Where did the flock of neon zebras come from when we were crossing the Pacific Ocean?


So how hot was the fever that cooked this story up? Fire & Flood is like a combination of The Hunger Games and The Amazing Race, but with Digimon, narrated by Tessa Altman from Suburgatory, with Jonah Griggs as the love interest. Oh, and there’s no dystopic or futuristic setting. It’s set in the modern world as we know it, only there have been secret advancements in genetic engineering and… elemental magic (???) that the general public is unaware of.

Our narrator is a teenage girl — Tella. Tella’s older brother is bedridden with a mysterious illness that no doctor can identify or treat. So, Tella’s parents have moved the family to a removed spot in Montana. Fishy. The book’s action begins quickly, with Tella discovering a strange, ipod-like device in her room. But instead of blaring My Chemical Romance like it should, the device invites her to compete in a race, horribly titled the Brimstone Bleed, where the prize is the capital-C Cure for her brother’s illness. Brave and irrepressible Tella sets off immediately on this mission, soon receiving her Pandora — an animal with special powers that hatches from an egg, like a Tomagatchi — and embarking on the jungle portion of a four-part, 90-day race.

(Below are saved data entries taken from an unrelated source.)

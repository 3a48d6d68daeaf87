//! The state that an image begins with.

ghost use Rattle.std.specs.Prelude.{◌≡◌, ◌<◌, ◌≤◌, ◌+◌, ◌++◌, All, IfOk, OnOk, Some, filter, length, map, slice_get, sum_by};
ghost use Rattle.std.specs.List.{range_with_len};
ghost use Rattle.sls_base.specs.declared.limits.TheConstants.{OBJECTS, PAGES};
ghost use Rattle.sls_base.specs.declared.fixed.TheConstants.{FIRST_PROGRAM_OBJECT};
ghost use Rattle.plain_model.specs.declared.image.TheConstants.{PROGRAMS};
ghost use Rattle.plain_state.specs.declared.object.Object.TheVariants as SlowObject;
ghost use Rattle.plain_model.specs.Initial as plain;
ghost use Rattle.plain_model.specs.Initial.{IsAccepted, IsProgram};
ghost use Rattle.plain_model.specs.InitialParts.{channel_caps, fixed_objects};
ghost use Rattle.plain_state.specs.Objects as objects;
ghost use Rattle.plain_state.specs.Slow.{page_of, object_of, slot_of, objects_of, state_of};
ghost use Rattle.plain_model.specs.SlowWorld.{world_of};
ghost use Rattle.plain_state.specs.declared.state.TheConstants.{NUMBERS};

use crate::world::World;
use arrayvec::ArrayVec;
use plain_state::{
    Capability, FIRST_ARGUMENT, NUMBERS, Object, Page, Region, State, includes, inserted,
};
use sls_base::{
    ALL_RIGHTS, FIRST_OUTPUT_RING, FIRST_PROGRAM_OBJECT, FIRST_PROGRAM_PAGE, GROUP_SLOTS,
    INPUT_RING, Image, OUTPUT_CHANNELS, ObjId, PAGE_BYTES, PageNo, Program, REGISTERS, ROOT_GROUP,
    RegionSpec, Thread, ThreadState,
};
use std::alloc::{AllocError, Global};

/// A capability with all rights.
fn all_rights(object: ObjId) -> Option<Capability>
    ensures { result ≡ plain.all_rights object }
{
    Some(Capability {
        object,
        rights: u32::from(ALL_RIGHTS),
    })
}

/// The capability where a bit of the program's channels is set.
fn if_set(program: &Program, bit: u32, object: ObjId) -> Option<Capability>
    requires { bit < 32 }
    ensures { result ≡ plain.if_set program.now bit object }
{
    if includes(u32::from(program.channels), 1 << bit) {
        all_rights(object)
    } else {
        None
    }
}

/// The capabilities, with empty slots behind them.
fn padded(slots: ArrayVec<Option<Capability>, 32>) -> ArrayVec<Option<Capability>, 32>
    ensures { result.items ≡ plain.slots_with slots.items }
{
    let mut padded = slots;
    for _ in padded.len()..GROUP_SLOTS {
        padded.push(None);
    }
    padded
}

/// The numbers of objects that a program has.
pub(crate) fn program_size(program: &Program) -> u8
    requires { IsProgram program.now }
    ensures { result ≡ plain.program_size program.now }
{
    (program.regions.len() as u8)
        .wrapping_add(program.threads)
        .wrapping_add(2)
}

/// The capabilities that each program may have: itself, its space, its channels and the root group.
fn channel_slots(program: &Program, n: ObjId) -> ArrayVec<Option<Capability>, 32>
    requires { n + 2 ≤ OBJECTS }
    ensures { result.items ≡ channel_caps program.now n }
{
    let mut slots = ArrayVec::new();
    slots.push(all_rights(n));
    slots.push(all_rights(n.wrapping_add(1)));
    slots.push(if_set(program, 0, FIRST_OUTPUT_RING));
    slots.push(if_set(program, 1, FIRST_OUTPUT_RING + 1));
    slots.push(if_set(program, 2, FIRST_OUTPUT_RING + 2));
    slots.push(if_set(program, 3, FIRST_OUTPUT_RING + 3));
    slots.push(if_set(program, 4, INPUT_RING));
    slots.push(if_set(program, 5, ROOT_GROUP));
    slots
}

/// The capabilities that a program begins with.
fn program_slots(program: &Program, n: ObjId) -> ArrayVec<Option<Capability>, 32>
    requires program { IsProgram program.now }
    requires room { n + plain.program_size program.now ≤ OBJECTS }
    ensures { result.items ≡ plain.slots_with (plain.program_caps program.now n) }
{
    let mut slots = channel_slots(program, n);
    for own in 2..program_size(program) {
        slots.push(all_rights(n.wrapping_add(own)));
    }
    padded(slots)
}

/// A region over a memory object, from its first page on.
fn region_over(spec: &RegionSpec, memory: ObjId) -> Region
    ensures { result ≡ plain.region_over spec.now memory }
{
    Region {
        base: spec.base / PAGE_BYTES as u32,
        count: u32::from(spec.pages),
        first: 0,
        memory,
        rights: u32::from(spec.rights),
    }
}

/// The regions over the memory objects from `n` on, by rising base.
fn program_regions(alloc: Global, specs: &[RegionSpec], n: ObjId) -> Result<Vec<Region>, AllocError>
    requires { n + length specs.now ≤ OBJECTS }
    ensures { IfOk result (λ regions. regions.items ≡ plain.program_regions specs.now n) }
{
    match specs {
        [] => Ok(Vec::new(alloc)),
        [spec, rest @ ..] => {
            let others = program_regions(alloc, rest, n.wrapping_add(1))?;
            inserted(alloc, region_over(spec, n), others.as_slice())
        }
    }
}

/// Page `j` of a region's content.
fn page_of_content(alloc: Global, content: &[u8], k: PageNo, j: u8) -> Result<Page, AllocError>
    requires { k + j ≤ PAGES }
    ensures { IfOk result (λ page. page_of page ≡ plain.page_of_content content.now k j) }
{
    let from = PAGE_BYTES * usize::from(j);
    let mut bytes = Vec::new(alloc);
    for at in 0..PAGE_BYTES {
        bytes.push(content.get(from + at).copied().unwrap_or(0))?;
    }
    Ok(Page {
        number: k.wrapping_add(u16::from(j)),
        bytes,
    })
}

/// The memory object of a region, whose pages are numbered from `k` on.
fn memory_of(alloc: Global, spec: &RegionSpec, k: PageNo) -> Result<Object, AllocError>
    requires { k + spec.now.pages ≤ PAGES }
    ensures { IfOk result (λ object. object_of object ≡ plain.memory_of spec.now k) }
{
    let mut pages = Vec::new(alloc);
    for j in 0..spec.pages {
        pages.push(page_of_content(alloc, spec.content.as_slice(), k, j)?)?;
    }
    Ok(Object::Memory(pages))
}

/// Thread `j` of a program, which begins at the entry with its first argument `j`.
#[tactic(auto, unfolding(plain_state::specs::States::zero_registers))]
fn program_thread(program: &Program, n: ObjId, j: u8) -> Object
    requires { n < OBJECTS }
    ensures { object_of result ≡ plain.program_thread program.now n j }
{
    let mut x = [0; REGISTERS];
    x[FIRST_ARGUMENT] = u32::from(j);
    Object::Thread(Thread {
        group: n,
        space: n.wrapping_add(1),
        state: ThreadState::Ready,
        pc: program.entry,
        x,
    })
}

/// Adds the memory objects of a program's regions, whose pages are numbered from `k` on.
fn add_memories(
    list: &mut Vec<Object>,
    alloc: Global,
    specs: &[RegionSpec],
    k: PageNo,
) -> Result<(), AllocError>
    requires { k + sum_by plain.pages_taken specs.now ≤ PAGES }
    ensures { OnOk result (map object_of list.new.items ≡ map object_of list.old.items
        ++ plain.program_memories specs.now k) }
{
    let mut next = k;
    for spec in specs {
        list.push(memory_of(alloc, spec, next)?)?;
        next = next.wrapping_add(u16::from(spec.pages));
    }
    Ok(())
}

/// Adds the objects of a program, numbered from `n` on, with pages from `k` on.
fn add_program(
    list: &mut Vec<Object>,
    alloc: Global,
    program: &Program,
    n: ObjId,
    k: PageNo,
) -> Result<(), AllocError>
    requires program { IsProgram program.now }
    requires objects { n + plain.program_size program.now ≤ OBJECTS }
    requires pages { k + plain.program_pages program.now ≤ PAGES }
    ensures { OnOk result (map object_of list.new.items ≡ map object_of list.old.items
        ++ plain.program_objects program.now n k) }
{
    list.push(Object::Group(program_slots(program, n)))?;
    let regions = program_regions(alloc, program.regions.as_slice(), n.wrapping_add(2))?;
    list.push(Object::Space(regions))?;
    add_memories(list, alloc, program.regions.as_slice(), k)?;
    for j in 0..program.threads {
        list.push(program_thread(program, n, j))?;
    }
    Ok(())
}

/// The pages that a program has.
fn program_pages(program: &Program) -> PageNo
    requires { plain.program_pages program.now ≤ PAGES }
    ensures { result ≡ plain.program_pages program.now }
{
    let mut pages = 0u16;
    for spec in &program.regions {
        pages = pages.wrapping_add(u16::from(spec.pages));
    }
    pages
}

/// The slots of the root group.
fn root_slots(programs: &[Program]) -> ArrayVec<Option<Capability>, 32>
    requires count { length programs.now ≤ PROGRAMS }
    requires programs { All IsProgram programs.now }
    requires objects { FIRST_PROGRAM_OBJECT + sum_by plain.program_size programs.now ≤ OBJECTS }
    ensures { object_of (SlowObject.Group result) ≡ plain.root_group programs.now }
{
    let mut slots = ArrayVec::new();
    let mut n = FIRST_PROGRAM_OBJECT;
    for program in programs {
        slots.push(all_rights(n));
        n = n.wrapping_add(program_size(program));
    }
    padded(slots)
}

/// The objects that are no program's, in order of number.
fn fixed_objects(alloc: Global, programs: &[Program]) -> Result<Vec<Object>, AllocError>
    requires count { length programs.now ≤ PROGRAMS }
    requires programs { All IsProgram programs.now }
    requires objects { FIRST_PROGRAM_OBJECT + sum_by plain.program_size programs.now ≤ OBJECTS }
    ensures { IfOk result (λ list. map object_of list.items ≡ fixed_objects programs.now) }
{
    let mut list = Vec::new(alloc);
    list.push(Object::Group(root_slots(programs)))?;
    list.push(Object::Scheduler)?;
    for channel in 0..OUTPUT_CHANNELS as u8 {
        list.push(Object::OutputRing(channel))?;
    }
    list.push(Object::InputRing)?;
    Ok(list)
}

/// The objects in order of number.
fn image_objects(alloc: Global, image: &Image) -> Result<Vec<Object>, AllocError>
    requires { IsAccepted image.now }
    ensures objects { IfOk result (λ list. map object_of list.items ≡ plain.image_objects image.now.programs.items) }
    ensures count { IfOk result (λ list. length list.items ≤ OBJECTS) }
{
    let programs = image.programs.as_slice();
    let mut list = fixed_objects(alloc, programs)?;
    let (mut n, mut k) = (FIRST_PROGRAM_OBJECT, FIRST_PROGRAM_PAGE);
    for program in programs {
        add_program(&mut list, alloc, program, n, k)?;
        n = n.wrapping_add(program_size(program));
        k = k.wrapping_add(program_pages(program));
    }
    Ok(list)
}

/// The objects, each as one that is there.
fn there(alloc: Global, list: Vec<Object>) -> Result<Vec<Option<Object>>, AllocError>
    ensures { IfOk result (λ objects. map slot_of objects.items ≡ map Some (map object_of list.items)) }
{
    let mut objects = Vec::new(alloc);
    for object in list {
        objects.push(Some(object))?;
    }
    Ok(objects)
}

/// The objects by number.
fn by_number(alloc: Global, list: Vec<Object>) -> Result<Vec<Option<Object>>, AllocError>
    requires { length list.items ≤ OBJECTS }
    ensures sized { IfOk result (λ objects. length objects.items ≡ NUMBERS) }
    ensures objects { IfOk result (λ objects. objects_of objects.items ≡ slice_get (map object_of list.items)) }
{
    let mut objects = there(alloc, list)?;
    for _ in objects.len()..NUMBERS {
        objects.push(None)?;
    }
    Ok(objects)
}

fn is_thread(object: &Object) -> bool
    ensures { result ≡ objects.is_thread (Some (object_of object.now)) }
{
    matches!(object, Object::Thread(_))
}

/// The numbers of the threads, in order.
fn thread_numbers(alloc: Global, list: &[Object]) -> Result<Vec<ObjId>, AllocError>
    requires { length list.now ≤ OBJECTS }
    ensures { IfOk result (λ queue. queue.items
        ≡ filter (λ i. objects.is_thread (slice_get (map object_of list.now) i)) (range_with_len 0 (length list.now))) }
{
    let mut queue = Vec::new(alloc);
    for i in 0..list.len() {
        if is_thread(&list[i]) {
            queue.push(i as u8)?;
        }
    }
    Ok(queue)
}

/// The state that the image begins with.
fn initial(alloc: Global, image: &Image, cores: u8) -> Result<State, AllocError>
    requires { IsAccepted image.now }
    ensures { IfOk result (λ s. state_of s ≡ plain.initial image.now cores) }
{
    let list = image_objects(alloc, image)?;
    Ok(State {
        queue: thread_numbers(alloc, list.as_slice())?,
        objects: by_number(alloc, list)?,
        cores: vec![in alloc; None; usize::from(cores)]?,
        out: Vec::new(alloc),
        inputs: Vec::new(alloc),
    })
}

impl World {
    /// The first world of an image.
    pub fn new(alloc: Global, image: &Image, cores: u8) -> Result<World, AllocError>
        requires image { IsAccepted image.now }
        requires some_core { 1 ≤ cores }
        requires cores { cores ≤ 8 }
        ensures { IfOk result (λ w. world_of w ≡ plain.first_world image.now cores) }
    {
        let now = initial(alloc, image, cores)?;
        let saved = now.copy(alloc, 0)?;
        Ok(World {
            running: now,
            saved,
            released: Vec::new(alloc),
            version: 0,
            stored: Vec::new(alloc),
            changed: Vec::new(alloc),
        })
    }
}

Now, I don’t require my escapist reading to make perfect sense, but I do have a limit.

My biggest complaint with Fire & Flood comes from the discrepancy between the subject matter and the tone. The deadly stakes of this race are rendered completely unbelievable and the opposite of emotionally resonant by Tella’s sassy, mall-rat narration. On one page, some people die. A few pages later, Tella pines for Nordstrom’s. Then, there's this line: "That's a bald eagle," I say, proud of myself for knowing."

So, obviously not my cup of tea, but I’m sure there are readers who would find enjoyment in this series. I recommend for people who liked Maze Runner.